Description
Is your feature request related to a problem or challenge?
Modern Macs / Apple Silicon (and Intel 12th gen processors) make a distinction between Performance (P
) and Efficiency (E
) cores.
https://developer.apple.com/news/?id=vk3m204o
Recent Apple Silicon like A13 Bionic has both high-performance cores (P cores) and high-efficiency cores (E cores). These different core types allow you to deliver apps that have both great performance and great battery life. To take full advantage of their performance and efficiency, you can provide the operating system (OS) with information about how to execute your app in the most optimal way. From there, the OS uses semantic information to make better scheduling and performance control decisions.
Intel 12th gen chips have this feature too, for example:
https://www.intel.com/content/www/us/en/gaming/resources/how-hybrid-design-works.html
Intel® Core™ desktop processors integrate two types of cores into a single die: powerful Performance-cores (P-cores) and flexible Efficient-cores (E-cores). Both types of core have a different role.

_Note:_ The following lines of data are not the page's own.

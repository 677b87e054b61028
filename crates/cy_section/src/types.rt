// The five kinds of section, as values, and the fields of those that hold numbers alone.
ghost use Rattle.std.specs.Prelude.{◌≡◌};
ghost use Rattle.cy_section.specs.Rows.{numbered, header_rows, chunk_header_rows};
ghost use Rattle.cy_section.specs.Rows.{chunk_header_cache_rows, chunk_body_cache_rows};

use cy_msg::{Bytes, Items, Text};

/// The type of a section, as its head has it.
#[derive(Clone, Copy, Debug, PartialEq, Eq)]
pub enum SectionKind {
    /// The header of the file.
    Header,
    /// The header of a chunk, which its body follows.
    ChunkHeader,
    /// The messages of a chunk.
    ChunkBody,
    /// The index, which is the last section.
    Index,
    /// A channel's name, type and description.
    Channel,
}

/// The head of a section.
#[derive(Clone, Copy)]
pub struct Head {
    pub kind: SectionKind,
    /// The bytes of the section's body.
    pub size: u64,
}

/// The header of a record. Times and intervals are in nanoseconds, sizes and places in bytes. By
/// default every number in it is 0.
#[derive(Clone, Copy, Default)]
pub struct Header {
    pub major_version: u32,
    pub minor_version: u32,
    /// 0 where chunks are not compressed.
    pub compress: u32,
    pub chunk_interval: u64,
    pub segment_interval: u64,
    /// The place of the index's head.
    pub index_position: u64,
    pub chunk_number: u64,
    pub channel_number: u64,
    /// The least time of a message, 0 where there is none.
    pub begin_time: u64,
    /// The greatest time of a message, 0 where there is none.
    pub end_time: u64,
    pub message_number: u64,
    /// The length of the file.
    pub size: u64,
    /// Whether the writer came to the record's end.
    pub is_complete: bool,
    pub chunk_raw_size: u64,
    pub segment_raw_size: u64,
}

impl Header {
    /// Its fields in the wire form: of each its number, and the number that it holds.
    #[tactic(auto, unfolding(crate::specs::Rows::header_rows))]
    pub fn fields(&self) -> [(u32, u64); 15]
        ensures { result ≡ numbered (header_rows self.now) }
    {
        [
            (1, u64::from(self.major_version)),
            (2, u64::from(self.minor_version)),
            (3, u64::from(self.compress)),
            (4, self.chunk_interval),
            (5, self.segment_interval),
            (6, self.index_position),
            (7, self.chunk_number),
            (8, self.channel_number),
            (9, self.begin_time),
            (10, self.end_time),
            (11, self.message_number),
            (12, self.size),
            (13, u64::from(self.is_complete)),
            (14, self.chunk_raw_size),
            (15, self.segment_raw_size),
        ]
    }
}

/// The header of a chunk.
#[derive(Clone, Copy)]
pub struct ChunkHeader {
    /// The least time in the chunk.
    pub begin_time: u64,
    /// The greatest time in the chunk.
    pub end_time: u64,
    pub message_number: u64,
    /// The bytes of its messages' contents together.
    pub raw_size: u64,
}

impl ChunkHeader {
    /// Its fields in the wire form: of each its number, and the number that it holds.
    #[tactic(auto, unfolding(crate::specs::Rows::chunk_header_rows))]
    pub fn fields(&self) -> [(u32, u64); 4]
        ensures { result ≡ numbered (chunk_header_rows self.now) }
    {
        [
            (1, self.begin_time),
            (2, self.end_time),
            (3, self.message_number),
            (4, self.raw_size),
        ]
    }
}

/// A message as a chunk's body has it.
#[derive(Drop)]
pub struct BodyMessage {
    pub channel_name: Text,
    /// In nanoseconds.
    pub time: u64,
    pub content: Bytes,
}

/// The messages of a chunk.
#[derive(Drop)]
pub struct ChunkBody {
    pub messages: Items<BodyMessage>,
}

/// A channel: its name, the type of its messages and their description.
#[derive(Drop)]
pub struct Channel {
    pub name: Text,
    pub message_type: Text,
    pub proto_desc: Bytes,
}

/// What the index keeps of a channel.
#[derive(Drop)]
pub struct ChannelCache {
    /// The number of its messages in the whole file.
    pub message_number: u64,
    pub name: Text,
    pub message_type: Text,
    pub proto_desc: Bytes,
}

/// What the index keeps of a chunk's header.
#[derive(Clone, Copy)]
pub struct ChunkHeaderCache {
    pub message_number: u64,
    pub begin_time: u64,
    pub end_time: u64,
    pub raw_size: u64,
}

impl ChunkHeaderCache {
    /// Its fields in the wire form: of each its number, and the number that it holds.
    #[tactic(auto, unfolding(crate::specs::Rows::chunk_header_cache_rows))]
    pub fn fields(&self) -> [(u32, u64); 4]
        ensures { result ≡ numbered (chunk_header_cache_rows self.now) }
    {
        [
            (1, self.message_number),
            (2, self.begin_time),
            (3, self.end_time),
            (4, self.raw_size),
        ]
    }
}

/// What the index keeps of a chunk's body.
#[derive(Clone, Copy)]
pub struct ChunkBodyCache {
    pub message_number: u64,
}

impl ChunkBodyCache {
    /// Its fields in the wire form: of each its number, and the number that it holds.
    #[tactic(auto, unfolding(crate::specs::Rows::chunk_body_cache_rows))]
    pub fn fields(&self) -> [(u32, u64); 1]
        ensures { result ≡ numbered (chunk_body_cache_rows self.now) }
    {
        [(1, self.message_number)]
    }
}

/// An entry of the index: a section's type and the place of its head, and what is kept of it.
#[derive(Drop)]
pub struct IndexEntry {
    pub kind: u32,
    pub position: u64,
    pub channel_cache: Option<ChannelCache>,
    pub chunk_header_cache: Option<ChunkHeaderCache>,
    pub chunk_body_cache: Option<ChunkBodyCache>,
}

/// The index of a record: an entry for each section but the header and the index itself, in file
/// order.
#[derive(Drop)]
pub struct Index {
    pub entries: Items<IndexEntry>,
}
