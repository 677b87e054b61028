//! Worked runs: a world is made and driven by its public calls, event by event.
//!
//! Each call is made where it may be made, and each run says what it came to: so no `requires` of
//! these calls is one that nobody can meet. `specs/Groups` has events that belong together,
//! `specs/Runs` the worlds of the runs, and what each run comes to.
#![tactic(auto)]

#[cfg(test)]
mod groups;
#[cfg(test)]
mod runs;
#[cfg(test)]
mod wired;
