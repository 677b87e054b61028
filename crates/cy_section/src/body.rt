// Reads the messages of a chunk's body.
ghost use Rattle.std.specs.Prelude.{◌≡◌, ◌+◌, ◌<◌, ◌^◌, length, unwrap_or, IfOk, OnOk, IsOkUnless};
ghost use Rattle.std.specs.Prelude.{◌++◌, ◌∷◌, []};
ghost use Rattle.cy_msg.specs.Answer.{Answers, AnswersOr};
ghost use Rattle.cy_wire.specs.Field.{fields_of, seen as seen_field};
ghost use Rattle.cy_wire.specs.Message.{seen_span, span_in, number_in};
ghost use Rattle.cy_section.specs.Reading.{message_at, messages_of, chunk_body_at};
ghost use Rattle.cy_section.specs.Messages.{seen, TakesMessage};

use crate::read::{bytes_copy, no_bytes, text_copy, text_of};
use crate::{BodyMessage, ChunkBody, SectionError};
use cy_msg::{Bytes, Items, Text};
use cy_wire::{Field, Reader, Span};
use std::alloc::Global;
use std::marker::Model;

/// A message of a chunk's body, where it stands.
#[derive(Clone, Copy)]
pub struct MessageView<'a> {
    pub channel_name: &'a str,
    /// In nanoseconds.
    pub time: u64,
    pub content: &'a [u8],
    /// The place of the content's first byte.
    pub content_at: u64,
}

/// The messages of a chunk's body that are still to be read: contracts see them as a list, and the
/// fault that ends it, if one does.
#[derive(Drop)]
pub struct MessageReader<'a> {
    fields: Reader<'a>,
}

impl<'a> Model for MessageReader<'a> {
    ghost use Rattle.cy_section.specs.Reading.{Messages, messages_of};

    ghost Value = { Messages };

    ghost view = { λ r. messages_of r.fields };
}

// The fields of a message, of each the last one that was read so far.
#[derive(Clone, Copy)]
struct Parts<'a> {
    name: Span<'a>,
    time: u64,
    content: Span<'a>,
}

impl<'a> Parts<'a> {
    // No fields yet.
    fn none() -> Self
        ensures name { seen_span result.name ≡ record { start = 0; bytes = [] } }
        ensures time { result.time ≡ 0 }
        ensures content { seen_span result.content ≡ record { start = 0; bytes = [] } }
    {
        Parts {
            name: no_bytes(),
            time: 0,
            content: no_bytes(),
        }
    }

    // Takes a field: its number says at once which part it may be.
    #[tactic(auto, unfolding(cy_wire::specs::Message::span_in, cy_wire::specs::Message::number_in))]
    #[inline(always)]
    fn take(&mut self, field: &Field<'a>)
        ensures name { seen_span self.new.name
            ≡ unwrap_or (span_in 1 (seen_field field.now)) (seen_span self.old.name) }
        ensures time { self.new.time
            ≡ unwrap_or (number_in 2 (seen_field field.now)) self.old.time }
        ensures content { seen_span self.new.content
            ≡ unwrap_or (span_in 3 (seen_field field.now)) (seen_span self.old.content) }
    {
        match field.number {
            1 => {
                if let Some(name) = field.span(1) {
                    self.name = name;
                }
            }
            2 => {
                if let Some(time) = field.varint(2) {
                    self.time = time;
                }
            }
            3 => {
                if let Some(content) = field.span(3) {
                    self.content = content;
                }
            }
            _ => {}
        }
    }
}

// The message in some bytes.
#[tactic(auto, unfolding(crate::specs::Reading::message_at, crate::specs::Reading::message_in))]
#[inline(always)]
fn message_of<'a>(message: Span<'a>) -> Result<MessageView<'a>, SectionError>
    ensures { Answers seen result (message_at (seen_span message.entry)) }
{
    let mut fields = Reader::new(message.bytes, message.start);
    let mut parts = Parts::none();
    while let Some(field) = fields.next_field()? {
        parts.take(&field);
    }
    Ok(MessageView {
        channel_name: text_of(parts.name)?,
        time: parts.time,
        content: parts.content.bytes,
        content_at: parts.content.start,
    })
}

impl<'a> MessageReader<'a> {
    /// Reads the body of a chunk that stands at a place of the file. It takes no memory.
    pub fn new(body: &'a [u8], at: u64) -> Self
        requires { at + length body.now < 2 ^ 64 }
        ensures { result ≡ messages_of (fields_of at body.now) }
    {
        MessageReader {
            fields: Reader::new(body, at),
        }
    }

    /// The next message, or none at the end. After a fault nothing is said of what the reader
    /// answers. It takes no memory.
    #[inline(always)]
    pub fn next_message(&mut self) -> Result<Option<MessageView<'a>>, SectionError>
        ensures { TakesMessage result self.old self.new }
    {
        while let Some(field) = self.fields.next_field()? {
            if let Some(span) = field.span(1) {
                return Ok(Some(message_of(span)?));
            }
        }
        Ok(None)
    }
}

// A message in memory of its own.
fn own(alloc: Global, message: &MessageView<'_>) -> Result<BodyMessage, SectionError>
    ensures copy { IfOk result (λ m. m ≡ (seen message.now).message) }
    ensures only_memory { IsOkUnless result SectionError.Memory }
{
    Ok(BodyMessage {
        channel_name: text_copy(alloc, message.channel_name)?,
        time: message.time,
        content: bytes_copy(alloc, message.content)?,
    })
}

// Keeps a message behind others, in memory of its own.
fn keep(
    alloc: Global,
    messages: &mut Vec<BodyMessage>,
    message: &MessageView<'_>,
) -> Result<(), SectionError>
    ensures kept { OnOk result (messages.new.items
        ≡ messages.old.items ++ (seen message.now).message ∷ []) }
    ensures only_memory { IsOkUnless result SectionError.Memory }
{
    messages.push(own(alloc, message)?)?;
    Ok(())
}

// The messages of a chunk's body, in memory of their own.
#[tactic(auto, unfolding(crate::specs::Reading::chunk_body_at))]
fn messages_of(alloc: Global, body: &[u8], at: u64) -> Result<Vec<BodyMessage>, SectionError>
    requires { at + length body.now < 2 ^ 64 }
    ensures { AnswersOr SectionError.Memory (λ v. v.items) result (chunk_body_at at body.now) }
{
    let mut reader = MessageReader::new(body, at);
    let mut messages = Vec::new(alloc);
    while let Some(message) = reader.next_message()? {
        keep(alloc, &mut messages, &message)?;
    }
    Ok(messages)
}

/// The messages of the chunk whose body stands at a place of the file, in memory of their own.
/// [`MessageReader`] lends them one by one, with no copy.
pub fn read_chunk_body(alloc: Global, body: &[u8], at: u64) -> Result<ChunkBody, SectionError>
    requires { at + length body.now < 2 ^ 64 }
    ensures { AnswersOr SectionError.Memory (λ b. b.messages) result (chunk_body_at at body.now) }
{
    let messages = Items::new(messages_of(alloc, body, at)?);
    Ok(ChunkBody { messages })
}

DataFusion currently evenly partitions work between cores, and does not distinguish or take advantage of the different kinds of cores. This could lead to less than optimal throughput as the (slower) efficiency cores would be given as much work as the faster power cores, leading to the power cores being idle sometimes
@pepijnve may be seen this manifesting as inconsistent behavior / profiling on #16398
Describe the solution you'd like
Ensure DataFusion runs on architectures with this hybrid P
/E
design efficiently.
I don't know what this means exactly
Describe alternatives you've considered
Note sure. Maybe we can follow the ideas from Mac:
We may also have to have support in tokio 🤔
Additional context
@pepijnve brought this up on a PR where we are seeing performance variability
🤔 now that I write '10-core MacBook', I'm wondering if the 10 core part is where my variability is coming from. That's 6 performance and 4 efficiency cores. Ideally DataFusion keeps the CPU bound work on the perf cores, and uses the efficiency ones for IO. I had been wondering about that and NUMA effects already. A topic for a different thread though.